The answer must be a single number: the count of lines in these records that hold "class".

• • • • • • •

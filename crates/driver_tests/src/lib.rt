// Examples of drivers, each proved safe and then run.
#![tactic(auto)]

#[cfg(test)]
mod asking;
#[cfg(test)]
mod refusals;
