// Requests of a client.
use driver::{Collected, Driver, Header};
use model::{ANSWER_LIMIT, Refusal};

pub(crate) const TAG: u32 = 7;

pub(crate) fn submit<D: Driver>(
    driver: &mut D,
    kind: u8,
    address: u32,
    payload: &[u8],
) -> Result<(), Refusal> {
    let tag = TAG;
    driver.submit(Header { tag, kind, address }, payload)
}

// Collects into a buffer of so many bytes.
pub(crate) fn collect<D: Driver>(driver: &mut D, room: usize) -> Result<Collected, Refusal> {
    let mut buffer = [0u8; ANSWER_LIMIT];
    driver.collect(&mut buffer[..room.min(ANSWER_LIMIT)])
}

• • • • • • •

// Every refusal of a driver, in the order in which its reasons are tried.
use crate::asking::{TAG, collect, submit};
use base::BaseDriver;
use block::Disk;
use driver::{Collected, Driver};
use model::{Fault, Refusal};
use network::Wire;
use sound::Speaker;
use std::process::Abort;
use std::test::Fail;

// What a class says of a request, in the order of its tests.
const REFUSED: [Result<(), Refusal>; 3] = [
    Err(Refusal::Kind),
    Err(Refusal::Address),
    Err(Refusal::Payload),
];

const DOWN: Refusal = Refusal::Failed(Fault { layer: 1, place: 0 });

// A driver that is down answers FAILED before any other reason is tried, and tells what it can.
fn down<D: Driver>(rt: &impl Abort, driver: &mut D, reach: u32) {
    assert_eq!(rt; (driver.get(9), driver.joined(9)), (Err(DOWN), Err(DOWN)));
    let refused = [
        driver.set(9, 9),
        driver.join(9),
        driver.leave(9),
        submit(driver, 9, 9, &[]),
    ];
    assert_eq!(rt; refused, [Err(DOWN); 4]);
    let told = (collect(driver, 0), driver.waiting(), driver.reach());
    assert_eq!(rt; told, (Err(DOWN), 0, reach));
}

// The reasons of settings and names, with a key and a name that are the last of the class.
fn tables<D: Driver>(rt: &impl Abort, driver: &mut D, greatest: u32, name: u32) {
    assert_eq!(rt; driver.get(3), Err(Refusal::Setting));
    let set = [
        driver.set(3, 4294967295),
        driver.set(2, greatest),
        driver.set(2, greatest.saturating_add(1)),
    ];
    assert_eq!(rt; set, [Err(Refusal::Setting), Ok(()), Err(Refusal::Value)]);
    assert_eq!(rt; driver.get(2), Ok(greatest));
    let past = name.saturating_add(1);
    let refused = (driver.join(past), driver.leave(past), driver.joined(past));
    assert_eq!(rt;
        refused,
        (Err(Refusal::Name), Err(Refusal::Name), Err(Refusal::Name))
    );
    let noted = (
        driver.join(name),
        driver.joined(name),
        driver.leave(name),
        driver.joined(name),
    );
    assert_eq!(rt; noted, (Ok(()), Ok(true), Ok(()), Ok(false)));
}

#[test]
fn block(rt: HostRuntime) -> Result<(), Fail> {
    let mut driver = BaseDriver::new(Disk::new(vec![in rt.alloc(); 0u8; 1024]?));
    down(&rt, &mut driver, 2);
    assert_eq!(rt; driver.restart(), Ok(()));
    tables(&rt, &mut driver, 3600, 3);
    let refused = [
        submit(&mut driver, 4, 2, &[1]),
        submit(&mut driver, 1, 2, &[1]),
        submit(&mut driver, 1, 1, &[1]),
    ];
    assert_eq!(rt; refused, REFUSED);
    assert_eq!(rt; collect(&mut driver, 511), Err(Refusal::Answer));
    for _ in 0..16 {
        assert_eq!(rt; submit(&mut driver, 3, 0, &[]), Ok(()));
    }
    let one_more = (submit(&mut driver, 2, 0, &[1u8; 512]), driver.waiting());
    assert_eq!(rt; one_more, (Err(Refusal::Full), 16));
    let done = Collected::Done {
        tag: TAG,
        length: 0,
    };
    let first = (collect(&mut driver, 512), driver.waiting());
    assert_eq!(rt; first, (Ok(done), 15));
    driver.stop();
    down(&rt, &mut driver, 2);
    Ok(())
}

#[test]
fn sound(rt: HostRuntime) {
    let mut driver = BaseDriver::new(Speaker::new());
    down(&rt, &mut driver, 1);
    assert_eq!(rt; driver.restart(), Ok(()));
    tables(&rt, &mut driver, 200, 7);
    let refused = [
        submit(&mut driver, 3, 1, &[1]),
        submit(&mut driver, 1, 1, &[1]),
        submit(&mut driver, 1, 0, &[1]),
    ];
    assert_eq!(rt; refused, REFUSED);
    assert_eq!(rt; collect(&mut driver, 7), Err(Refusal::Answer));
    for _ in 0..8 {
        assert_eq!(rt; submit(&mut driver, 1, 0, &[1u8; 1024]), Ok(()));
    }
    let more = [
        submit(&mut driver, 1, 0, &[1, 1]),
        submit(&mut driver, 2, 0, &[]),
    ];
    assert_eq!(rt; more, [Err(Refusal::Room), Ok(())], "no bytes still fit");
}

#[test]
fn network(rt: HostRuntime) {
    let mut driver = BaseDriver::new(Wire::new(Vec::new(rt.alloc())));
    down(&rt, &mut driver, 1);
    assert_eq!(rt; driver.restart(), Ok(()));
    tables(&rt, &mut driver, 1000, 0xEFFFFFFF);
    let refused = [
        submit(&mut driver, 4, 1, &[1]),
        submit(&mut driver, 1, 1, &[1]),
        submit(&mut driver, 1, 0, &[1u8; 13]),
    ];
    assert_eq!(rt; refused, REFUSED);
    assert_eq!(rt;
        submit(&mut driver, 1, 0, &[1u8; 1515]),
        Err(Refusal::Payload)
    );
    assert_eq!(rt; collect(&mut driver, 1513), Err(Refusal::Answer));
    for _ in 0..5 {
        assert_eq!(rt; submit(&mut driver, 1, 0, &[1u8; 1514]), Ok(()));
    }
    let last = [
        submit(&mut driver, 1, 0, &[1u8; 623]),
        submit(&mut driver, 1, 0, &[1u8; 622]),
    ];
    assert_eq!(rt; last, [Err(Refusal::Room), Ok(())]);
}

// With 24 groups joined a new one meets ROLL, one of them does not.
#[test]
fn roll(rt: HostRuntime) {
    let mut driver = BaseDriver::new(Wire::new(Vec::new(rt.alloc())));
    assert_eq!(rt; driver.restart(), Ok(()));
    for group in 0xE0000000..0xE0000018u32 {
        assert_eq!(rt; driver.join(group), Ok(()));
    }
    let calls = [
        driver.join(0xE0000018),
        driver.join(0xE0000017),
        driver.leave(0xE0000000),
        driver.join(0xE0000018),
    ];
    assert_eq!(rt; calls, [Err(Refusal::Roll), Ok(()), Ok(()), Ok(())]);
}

• • • • • • •

*Answer below*
2